Task description —
Each line of the records below that holds "Option" should be returned.

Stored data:
──────────

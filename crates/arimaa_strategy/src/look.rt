//! What the checker finds at an entry or at the root.
use crate::check_answer::Why;
use arimaa_board::Position;

// What a look at a position with the defender to move finds.
#[derive(Clone, Copy, Debug)]
pub(crate) enum Look {
    // It is won, and this is its rank.
    Rank(u16),
    // It is decided for the defender.
    Lost,
    // It has a reply that isn't covered.
    Open,
    // It has more replies than there is room for.
    Crowded,
}

// What a look at an entry finds.
#[derive(Clone, Copy, Debug)]
pub(crate) enum Finding {
    Good,
    Faulty(Why),
    // The position that it leads to has more replies than there is room for.
    Crowded(Position),
}
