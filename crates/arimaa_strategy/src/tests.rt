//! Strategies that are accepted and refused, and texts with a bad line.
ghost use Rattle.std.specs.Prelude.{◌≤◌};

use crate::{Checked, Strategy, StrategyFault, Why, check, read_strategy, strategy_text};
use arimaa_board::{Board, Color, Piece, Position, Square, board_text};
use arimaa_history::History;
use arimaa_region::Region;
use std::alloc::Global;
use std::test::Fail;

// An entry: its rank, its pieces, and its turn.
type Row = (&'static [u8], &'static [u8], &'static [u8]);

// A gold rabbit goes to a4, and then to a8 whatever the silver rabbit does.
const RUN: [Row; 12] = [
    (b"3", b"Ra1 rh6", b"Ra1n Ra2n Ra3n"),
    (b"1", b"Ra4 rh5", b"Ra4n Ra5n Ra6n Ra7n"),
    (b"1", b"Ra4 rg6", b"Ra4n Ra5n Ra6n Ra7n"),
    (b"1", b"Ra4 rh4", b"Ra4n Ra5n Ra6n Ra7n"),
    (b"1", b"Ra4 rg5", b"Ra4n Ra5n Ra6n Ra7n"),
    (b"1", b"Ra4 rh3", b"Ra4n Ra5n Ra6n Ra7n"),
    (b"1", b"Ra4 rg4", b"Ra4n Ra5n Ra6n Ra7n"),
    (b"1", b"Ra4 rf5", b"Ra4n Ra5n Ra6n Ra7n"),
    (b"1", b"Ra4 rh2", b"Ra4n Ra5n Ra6n Ra7n"),
    (b"1", b"Ra4 rg3", b"Ra4n Ra5n Ra6n Ra7n"),
    (b"1", b"Ra4 rf4", b"Ra4n Ra5n Ra6n Ra7n"),
    (b"1", b"Ra4 re5", b"Ra4n Ra5n Ra6n Ra7n"),
];

// The pieces of a root with Gold to move, a number of turns, entries for Gold, and what is found:
// the rank and no fault, or the entry and its fault.
const SMALL: [(&[u8], u8, &[Row], u64, Option<Why>); 18] = [
    (
        b"Ra7 Ed4 rh7",
        1,
        &[(b"1", b"Ra7 Ed4 rh7", b"Ra7n")],
        1,
        None,
    ),
    (
        b"Ra7 Ed4 rh7",
        0,
        &[(b"1", b"Ra7 Ed4 rh7", b"Ra7n")],
        0,
        Some(Why::Deep),
    ),
    (b"Ra8 Ed4 rh7", 0, &[], 0, None),
    (b"Ra7 Ed4 rh7", 9, &[], 0, Some(Why::Root)),
    (b"Rh5 ra1", 9, &[], 0, Some(Why::Root)),
    (
        b"Ra7 Ed4 rh7",
        9,
        &[
            (b"1", b"Ra7 Ed4 rh7", b"Ra7n"),
            (b"1", b"Ra7 Ed4 rh7", b"Ra7n"),
        ],
        2,
        Some(Why::Twice),
    ),
    (
        b"Ra7 Ed4 rh7",
        9,
        &[(b"1", b"Ra8 Ed4 rh7", b"Ra8e")],
        1,
        Some(Why::Decided),
    ),
    (
        b"Ra7 Ed4 rh7",
        9,
        &[(b"1", b"Ra7 Ed4", b"Ra7n")],
        1,
        Some(Why::Decided),
    ),
    (
        b"Ra7 Ed4 rh7",
        9,
        &[(b"1", b"Ra7 Ed4 rh7", b"Ra7s")],
        1,
        Some(Why::Turn),
    ),
    (
        b"Ra7 Ed4 rh7",
        9,
        &[(b"1", b"Ra7 Ed4 rh7", b"Rb7n")],
        1,
        Some(Why::Turn),
    ),
    (
        b"Ra7 Ed4 rh7",
        9,
        &[(b"1", b"Ra7 Ed4 rh7", b"Ra7n Rc3x")],
        1,
        Some(Why::Turn),
    ),
    (
        b"Rc2 Ra7 rh7",
        9,
        &[(b"1", b"Rc2 Ra7 rh7", b"Rc2n Ra7n")],
        1,
        Some(Why::Turn),
    ),
    (
        b"Rc2 Ra7 rh7",
        9,
        &[(b"1", b"Rc2 Ra7 rh7", b"Rc2n Rc3x Ra7n")],
        1,
        None,
    ),
    (
        b"Rc2 Ed4 rh7",
        9,
        &[(b"1", b"Rc2 Eh4 rh7", b"Rc2n Rc3x")],
        1,
        Some(Why::Lost),
    ),
    (
        b"Ra4 Eb3 rb2",
        9,
        &[(b"1", b"Ra4 Eb3 rb2", b"rb2s Eb3s")],
        1,
        Some(Why::Lost),
    ),
    (
        b"Ra1 rh2",
        9,
        &[(b"2", b"Ra1 rh2", b"Ra1n")],
        1,
        Some(Why::Reply),
    ),
    (
        b"Ra7 Ed4 rh7",
        9,
        &[(b"2", b"Ra7 Ed4 rh7", b"Ra7n")],
        1,
        Some(Why::Rank),
    ),
    (
        b"Ra7 Ed4 rh7",
        9,
        &[(b"0", b"Ra7 Ed4 rh7", b"Ra7n")],
        1,
        Some(Why::Rank),
    ),
];

// Texts, and their first bad line.
const BAD: [(&[u8], u64); 16] = [
    (
        b"1 [        R      r                   E                            ]",
        1,
    ),
    (
        b"1 [        R      r                   E                            ] ",
        1,
    ),
    (
        b"1 [        R      r                   E                            ]Ra7n",
        1,
    ),
    (
        b"1[        R      r                   E                            ] Ra7n",
        1,
    ),
    (
        b"[        R      r                   E                            ] Ra7n",
        1,
    ),
    (
        b"100 [        R      r                   E                            ] Ra7n",
        1,
    ),
    (
        b"01 [        R      r                   E                            ] Ra7n",
        1,
    ),
    (
        b"+1 [        R      r                   E                            ] Ra7n",
        1,
    ),
    (
        b"1 [        R      r                   E                           ] Ra7n",
        1,
    ),
    (
        b"1 [        R      r                   E                             ] Ra7n",
        1,
    ),
    (
        b"1 [        RRRRRRRRRr                 E                            ] Ra7n",
        1,
    ),
    (
        b"1 [        R      r                   E                            ] Ra1n Ra2n Ra3n Ra4n Ra5n",
        1,
    ),
    (
        b"1 [        R      r                   E                            ] Rc3x Ra7n",
        1,
    ),
    (b"1 [        R      r      ", 1),
    (b"\n# none\n\t\nstrategy\n", 4),
    (
        b"1 [        R      r                   E                            ] Ra7n\r\n\r\n2\n",
        3,
    ),
];

// A text with blanks and comments, and how it is written.
const LOOSE: &[u8] =
    b"# a comment\r\n\n \t1\t [        R      r  x  X             E      x                     ]\t Ra7n\tRa8e  \r\n0 [        R      r                   E                            ] Ed4n cc3x";

const PLAIN: &[u8] =
    b"1 [        R      r                   E                            ] Ra7n Ra8e\n0 [        R      r                   E                            ] Ed4n cc3x\n";

// The position of these pieces, each a letter and a square.
fn position(pieces: &[u8], side: Color) -> Result<Position, Fail> {
    let mut board = Board::empty();
    for piece in pieces.chunks(4) {
        let [letter, column, row, ..] = piece else {
            return Err("a piece without a square".into());
        };
        let number = row
            .wrapping_sub(b'1')
            .wrapping_mul(8)
            .wrapping_add(column.wrapping_sub(b'a'));
        board.put(
            Square::new(number).ok_or("off the board")?,
            Piece::from_letter(*letter),
        );
    }
    Ok(Position { board, side })
}

// The strategy of these entries for Gold, by way of its text.
fn strategy(alloc: Global, rows: &[Row]) -> Result<Strategy, Fail> {
    let mut text = Vec::new(alloc);
    for (rank, pieces, turn) in rows {
        text.extend_from_slice(rank)?;
        text.push(b' ')?;
        text.extend_from_slice(&board_text(&position(pieces, Color::Gold)?.board))?;
        text.push(b' ')?;
        text.extend_from_slice(turn)?;
        text.push(b'\n')?;
    }
    Ok(read_strategy(alloc, &text, Color::Gold)?)
}

// What is found of entries for Gold after these positions, the last of which is the root.
fn found(
    alloc: Global,
    before: &[Position],
    n: u8,
    room: u32,
    rows: &[Row],
) -> Result<Checked, Fail>
    requires some { 1 ≤ room }
    requires most { room ≤ 1048576 }
{
    let mut history = History::new(alloc);
    for p in before {
        history.push(*p)?;
    }
    if history.last().is_none() {
        return Err("no root".into());
    }
    let strategy = strategy(alloc, rows)?;
    let mut region = Region::with_room(alloc, room)?;
    Ok(check(&history, Color::Gold, n, &strategy, &mut region))
}

#[test]
fn small_strategies(rt: HostRuntime) -> Result<(), Fail> {
    for (pieces, n, rows, number, fault) in SMALL {
        let root = position(pieces, Color::Gold)?;
        assert_eq!(rt;
            found(rt.alloc(), &[root], n, 4096, rows)?,
            answer(number, fault)
        );
    }
    Ok(())
}

// Of the run from a root: the number of entries left out at its front, one entry that is put in the
// place of another, with its rank, a number of turns, and what is found. Without its first entry
// the root is its reply.
const RUNS: [(usize, usize, usize, &[u8], u8, u64, Option<Why>); 9] = [
    (0, 0, 0, b"3", 3, 3, None),
    (0, 0, 0, b"3", 2, 0, Some(Why::Deep)),
    (1, 0, 0, b"3", 2, 2, None),
    (1, 0, 0, b"3", 1, 0, Some(Why::Deep)),
    (12, 0, 0, b"3", 9, 0, Some(Why::Root)),
    (0, 0, 0, b"5", 5, 1, Some(Why::Rank)),
    (0, 1, 1, b"3", 3, 1, Some(Why::Rank)),
    (0, 1, 2, b"1", 3, 1, Some(Why::Reply)),
    (1, 11, 1, b"1", 3, 11, Some(Why::Twice)),
];

// An answer.
fn answer(number: u64, fault: Option<Why>) -> Checked {
    match fault {
        None => Checked::Accepted {
            rank: (number % 256) as u8,
        },
        Some(why) => Checked::Refused { entry: number, why },
    }
}

// The run with one of its entries in the place of another, and that one's rank.
fn changed(place: usize, entry: usize, rank: &'static [u8]) -> [Row; 12] {
    let mut rows = RUN;
    if place < 12 && entry < 12 {
        let (_, pieces, turn) = RUN[entry];
        rows[place] = (rank, pieces, turn);
    }
    rows
}

// The rows after so many, if there are any.
fn after(rows: &[Row], count: usize) -> &[Row] {
    if count <= rows.len() {
        &rows[count..]
    } else {
        rows
    }
}

#[test]
fn a_run_to_the_goal(rt: HostRuntime) -> Result<(), Fail> {
    for (left_out, place, entry, rank, n, number, fault) in RUNS {
        let root = if left_out == 0 {
            position(b"Ra1 rh6", Color::Gold)?
        } else {
            position(b"Ra4 rh6", Color::Silver)?
        };
        let rows = changed(place, entry, rank);
        assert_eq!(rt;
            found(rt.alloc(), &[root], n, 20, after(&rows, left_out))?,
            answer(number, fault)
        );
    }
    Ok(())
}

#[test]
fn too_little_room(rt: HostRuntime) -> Result<(), Fail> {
    let reply = position(b"Ra4 rh6", Color::Silver)?;
    let root = position(b"Ra1 rh6", Color::Gold)?;
    let crowded = Checked::Crowded { position: reply };
    assert_eq!(rt; found(rt.alloc(), &[root], 3, 1, &RUN)?, crowded);
    assert_eq!(rt; found(rt.alloc(), &[reply], 3, 1, &[])?, crowded);
    Ok(())
}

#[test]
fn a_barred_result(rt: HostRuntime) -> Result<(), Fail> {
    // the rabbit may not come to a4, where it stood twice with Silver to move
    let reply = position(b"Ra4 rh6", Color::Silver)?;
    let root = position(b"Ra1 rh6", Color::Gold)?;
    let refused = answer(1, Some(Why::Turn));
    assert_eq!(rt;
        found(rt.alloc(), &[reply, reply, root], 3, 20, &RUN)?,
        refused
    );
    Ok(())
}

#[test]
fn texts(rt: HostRuntime) -> Result<(), Fail> {
    for (text, bad) in BAD {
        match read_strategy(rt.alloc(), text, Color::Gold) {
            Err(StrategyFault::Text { line }) => assert_eq!(rt; line, bad),
            _ => assert!(rt; false, "a strategy"),
        }
    }
    let strategy = read_strategy(rt.alloc(), LOOSE, Color::Silver)?;
    assert_eq!(rt; strategy.entries().len(), 2);
    assert_eq!(rt; strategy_text(rt.alloc(), &strategy)?.as_slice(), PLAIN);
    Ok(())
}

──────────

Exercise result —
const SMALL: [(&[u8], u8, &[Row], u64, Option<Why>); 18] = [
const RUNS: [(usize, usize, usize, &[u8], u8, u64, Option<Why>); 9] = [
fn answer(number: u64, fault: Option<Why>) -> Checked {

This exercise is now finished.